Sin embargo, lo que pudo ser un momento de unión y duelo nacional se ha visto ensombrecido por un preocupante uso político de la tragedia. Sectores de la derecha extrema han buscado instrumentalizar su memoria para atacar al adversario, difundiendo narrativas sin sustento que incluso insinúan, sin pruebas, la participación del gobierno nacional en el atentado. Acusaciones temerarias como estas no solo minan la confianza ciudadana, sino que avivan la polarización y el odio.
La democracia no se defiende con mentiras ni se honra a los muertos con manipulación. Las palabras tienen poder, y en tiempos de incertidumbre pueden salvar o destruir. Por eso, hoy más que nunca, Colombia necesita un pacto ético: desescalar la violencia verbal, renunciar a la estigmatización y recuperar el respeto por la verdad.

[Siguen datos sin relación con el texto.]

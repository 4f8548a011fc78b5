//! The command `find`.
//!
//! Promises: if the words are a query, or a limit on the index's bytes and a query, and the input is
//! the text of an index, the paths that the query means in this index are printed, each on a line
//! and spelt as in that text. If the words are neither, nothing is read. Each status comes by its
//! cause, with what standard output and standard error got, and a failed read is reported.
//! Stands on `index_find` and `index_text`, on `command_endings`, and on `text_output` for the lines.
#![tactic(auto)]

mod command;
mod lines;
mod words;

pub use command::run_find;

#[cfg(test)]
mod tests;
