//! Paths, each on a line.
ghost use Rattle.std.specs.Prelude.{◌≡◌, OnOk, OnErr};
ghost use Rattle.std.specs.Io.KnownBytes.{Appends};
ghost use Rattle.firefly_outside.specs.Causes.{HasCause, AppendsPrefix};
ghost use Rattle.text_output.specs.Sent.{Puts};
ghost use Rattle.command_endings.specs.Changes.{change_of};
ghost use Rattle.command_endings.specs.Printing.{Prints};
ghost use Rattle.command_find.specs.Lines.{lines_of};

use command_endings::{Ending, Status, ends};
use firefly_outside::{Sink, SinkFault, Text};
use text_output::{Held, flush, put_path_line};

// Puts the lines of the paths.
fn put_paths<O: Sink>(held: &mut Held, paths: &[Text], out: &mut O) -> Result<(), SinkFault>
    ensures text { Puts (O.held out.old) held.old.items (lines_of paths.now) result (O.held out.new) held.new.items }
    ensures cause { HasCause (O.faults out.old) (O.faults out.new) result }
{
    for path in paths {
        put_path_line(held, path.as_str().as_bytes(), out)?;
    }
    Ok(())
}

// Writes the lines of the paths.
fn write_paths<O: Sink>(paths: &[Text], out: &mut O) -> Result<(), SinkFault>
    ensures ok { OnOk result (Appends (O.held out.old) (O.held out.new) (lines_of paths.now)) }
    ensures err { OnErr result (AppendsPrefix (O.held out.old) (O.held out.new) (lines_of paths.now)) }
    ensures cause { HasCause (O.faults out.old) (O.faults out.new) result }
{
    let mut held = Held::new();
    put_paths(&mut held, paths, out)?;
    flush(&mut held, out)
}

/// Prints the paths, each on a line.
pub fn print_paths<O: Sink, N: Sink>(paths: &[Text], out: &mut O, notes: &mut N) -> Status
    ensures { Prints (lines_of paths.now) Status.Done (change_of O.held O.faults out.old out.new)
        (change_of N.held N.faults notes.old notes.new) result }
{
    match write_paths(paths, out) {
        Ok(()) => Status::Done,
        Err(_) => ends(notes, Ending::OutputFault),
    }
}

Los líderes políticos, las voces de opinión y los medios de comunicación tienen la responsabilidad de apagar las hogueras del odio, no de avivarlas. Las redes sociales y los escenarios públicos deben volver a ser espacios para el debate y no para la guerra ideológica.
La memoria de Miguel Uribe merece un homenaje limpio, sin distorsiones ni intereses partidistas, basado en la verdad y en la construcción de consensos.
En este momento crítico, el mensaje debe ser firme y claro: ni la mentira ni el odio pueden seguir marcando el rumbo de Colombia. Si la política no se convierte en un puente hacia la reconciliación, seguirá siendo un campo minado que tarde o temprano nos destruirá a todos.